Real-time monitoring of data streams using machine learning techniques for optimizing decision making
Παρακολούθηση ροών δεδομένων σε πραγματικό χρόνο με τη χρήση τεχνικών μηχανικής μάθησης για τη βελτιστοποίηση της λήψης αποφάσεων

Doctoral Thesis
Author
Skarlatos, Kyriakos
Σκαρλάτος, Κυριάκος
Date
2026-03View/ Open
Keywords
Machine learning ; Data streams ; Real time monitoring ; Cluster validity indices ; Artificial Intelligence ; Statistics ; Multivariate statistical process monitoring ; Control charts ; Quality control ; Clustering ; Maritime ; Forecasting ; Classification ; Meteorology ; Big data ; Curse of dimensionalityAbstract
The growth of big data is primarily driven by the increasing digitization of information
and the widespread use of data-collecting devices. As technological advancements
continue, the volume, variety, and velocity of data generation expand, giving rise to big
data analytics aimed at extracting valuable insights from vast datasets. The growing
volume of data presents both opportunities and significant challenges. In the realm
of Statistical Process Monitoring (SPM), the analysis of high-dimensional data often
leads to the “curse of dimensionality”, where data sparsity hinders the detection of
meaningful patterns and anomalies. Additionally, monitoring complex relationships
among multiple variables requires more advanced methods than traditional univariate
approaches. Multivariate Statistical Process Monitoring (MSPM) addresses this need
by employing tools such as multivariate control charts, notably the Hotelling’s T2 chart,
to capture the joint behavior of correlated quality variables. However, implementing
these control charts in real-time, high-dimensional settings is particularly difficult
due to the computational demands and the need for rapid decision-making when
processing large streams of data. A potential solution is to combine traditional MSPM
techniques with modern machine learning approaches; even so, this integration poses
challenges related to model interpretability, feature selection, and result integration.
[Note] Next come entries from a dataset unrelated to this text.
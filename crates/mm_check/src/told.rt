//! How the steps of a proof are told.

ghost use Rattle.std.specs.Prelude.{◌≤◌, ℕ, List, map, length, take, None, IfOk, IfErr};
ghost use Rattle.std.specs.List.{sum_by, AllZip};
ghost use Rattle.mm_base.specs.MostBytes.{most_bytes};
ghost use Rattle.mm_base.specs.Statement.{PlainStatement};
ghost use Rattle.mm_base.specs.Token.{plain_token};
ghost use Rattle.mm_text.specs.Files.{plain_file};
ghost use Rattle.mm_text.specs.Reading.{Reads};
ghost use Rattle.mm_frame.specs.Sentence.{Sentence};
ghost use Rattle.mm_step.specs.Moves.{Move, steps_in};
ghost use Rattle.mm_step.specs.Plain.{token_texts};
ghost use Rattle.mm_step.specs.Profiles.{limit_of};
ghost use Rattle.mm_step.specs.Proof.{IsWithin};
ghost use Rattle.mm_step.specs.Steps.{AreSteps, IsProofNumber};
ghost use Rattle.mm_proof.specs.CheckedPrefix.{Pass};
ghost use Rattle.mm_proof.specs.Parsed.{OfProof, SaySteps};
ghost use Rattle.mm_proof.specs.Tokens.{SayMoves};
ghost use Rattle.mm_proof.specs.Verified.{OfMoves};
ghost use Rattle.mm_listing.specs.Listing.{ListedStep, TellsStep};
ghost use Rattle.mm_rules.specs.Rests.{IsAskFault};
ghost use Rattle.mm_verdict.specs.declared.question.Telling.TheVariants.{Letters};
ghost use Rattle.mm_facts.specs.Explained.{judged_tokens};
ghost use Rattle.mm_check.specs.Told.{IsTextOfMoves, ListsMoves, TellsProof, TellsSteps};

use mm_base::{File, Token};
use mm_facts::lettered_text;
use mm_frame::{Book, LabelId};
use mm_listing::{Line, lines_before};
use mm_proof::Steps;
use mm_render::{lines_of, text_of, uses_text};
use mm_rules::AskFault;
use mm_verdict::reread::reread;
use mm_verdict::{Checked, Telling};
use std::alloc::{AllocError, Global};

/// The text that tells these lines, which are of the first steps that the tokens in the files say,
/// as far as they are known; if so it is said, with their places and letters.
fn told_text(
    alloc: Global,
    files: &[File],
    book: &Book,
    tokens: &[Token],
    lines: &[Line],
    lettered: bool,
) -> Result<Vec<u8>, AllocError>
    requires room { sum_by length (token_texts tokens.now) ≤ most_bytes }
    requires said { (before : List Sentence) × (s : Sentence) × (moves : List (Move (List ℕ)))
        × SayMoves before s (judged_tokens (token_texts tokens.now)) moves
        × (length lines.now ≤ steps_in moves) }
    requires lines { (steps : List ListedStep)
        × AllZip (TellsStep book.now.statements) lines.now steps }
    ensures { IfOk result (λ text. (steps : List ListedStep)
        → AllZip (TellsStep book.now.statements) lines.now steps
        → TellsSteps lettered (map plain_file files.now) (map plain_token tokens.now) steps
        text.items) }
{
    if lettered {
        lettered_text(alloc, files, book, tokens, lines)
    } else {
        text_of(alloc, book, lines)
    }
}

/// The text that lists the steps among so many first moves of the `$p` with this number, which pass
/// and which the tokens in the files say; if so it is said, with their places and letters.
fn listed_before(
    alloc: Global,
    files: &[File],
    book: &Book,
    id: LabelId,
    tokens: &[Token],
    steps: &Steps,
    front: (usize, bool),
) -> Result<Vec<u8>, AllocError>
    requires proof { (index : ℕ) × (s : Sentence) × IsProofNumber book.now.statements id.0 index s }
    requires room { sum_by length (token_texts tokens.now) ≤ most_bytes }
    requires said { OfProof book.now.statements id.0 (λ index s.
        SaySteps book.now.statements index s (judged_tokens (token_texts tokens.now))
        steps.now.moves) }
    requires steps { AreSteps book.now.statements id.0 steps.now.moves }
    requires within { front.0 ≤ length steps.now.moves }
    requires pass { OfMoves book.now.statements id.0 steps.now.moves
        (λ index s moves. Pass (IsWithin (limit_of steps.now.profile))
        (take index book.now.statements) (take front.0 moves)) }
    ensures { IfOk result (λ text. OfMoves book.now.statements id.0 steps.now.moves
        (λ index s moves. ListsMoves front.1 (map plain_file files.now)
        (take index book.now.statements) (map plain_token tokens.now) (take front.0 moves)
        text.items)) }
{
    let lines = lines_before(alloc, book, id, steps, front.0)?;
    told_text(alloc, files, book, tokens, &lines, front.1)
}

/// The text that tells the steps among so many first moves of the `$p` with this number, which pass
/// and which the tokens in the files say.
pub(crate) fn told_before(
    alloc: Global,
    files: &[File],
    book: &Book,
    id: LabelId,
    tokens: &[Token],
    steps: &Steps,
    front: (usize, Telling),
) -> Result<Vec<u8>, AllocError>
    requires proof { (index : ℕ) × (s : Sentence) × IsProofNumber book.now.statements id.0 index s }
    requires room { sum_by length (token_texts tokens.now) ≤ most_bytes }
    requires said { OfProof book.now.statements id.0 (λ index s.
        SaySteps book.now.statements index s (judged_tokens (token_texts tokens.now))
        steps.now.moves) }
    requires steps { AreSteps book.now.statements id.0 steps.now.moves }
    requires within { front.0 ≤ length steps.now.moves }
    requires pass { OfMoves book.now.statements id.0 steps.now.moves
        (λ index s moves. Pass (IsWithin (limit_of steps.now.profile))
        (take index book.now.statements) (take front.0 moves)) }
    ensures { IfOk result (λ text. OfMoves book.now.statements id.0 steps.now.moves
        (λ index s moves. IsTextOfMoves front.1 (map plain_file files.now)
        (take index book.now.statements) (map plain_token tokens.now) (take front.0 moves)
        text.items)) }
{
    let passed = front.0;
    match front.1 {
        Telling::Steps => listed_before(alloc, files, book, id, tokens, steps, (passed, false)),
        Telling::Letters => listed_before(alloc, files, book, id, tokens, steps, (passed, true)),
        Telling::Uses { essential } => uses_text(alloc, book, id, steps, passed, essential),
    }
}

/// The listing of the proof of the `$p` with this label, with the place and the letters of each step.
pub(crate) fn lettered_listing(
    alloc: Global,
    checked: &Checked,
    label: &[u8],
) -> Result<Vec<u8>, AskFault>
    ensures told { IfOk result (λ text. (statements : List PlainStatement)
        → Reads checked.now.files statements None
        → TellsProof Letters checked.now.files statements label.now text.items) }
    ensures fault { IfErr result (λ fault. (statements : List PlainStatement)
        → Reads checked.now.files statements None → IsAskFault statements label.now fault) }
{
    let theorem = checked.read_theorem(alloc, label)?;
    let files = checked.files;
    let statement = reread(alloc, checked.book.seed(), files, label)?;
    let lines = lines_of(alloc, &checked.book, &theorem)?;
    let tokens = &statement.proof;
    Ok(lettered_text(alloc, files, &checked.book, tokens, &lines)?)
}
In this study, a modern and robust method inspired by cluster validity indexing
techniques is presented. This method is compared to the traditional multivariate
control charts based on the Hotelling T2 statistic, as well as to other metrics from
the cluster analysis framework, such as the Dunn, Silhouette, Calinski-Harabasz, and
Davies-Bouldin indices. Extensive simulation studies demonstrate that the proposed
method outperforms existing approaches, particularly in scenarios such as mean drifting
and density-related changes, involving data streams with correlated features. At the
conclusion, various real-world application scenarios utilizing statistical and machine
learning techniques are presented. Ranging from simulations to practical applications,
this dissertation seeks to bridge the concepts of statistics and machine learning, with
the latter inheriting tools and methodologies from the former.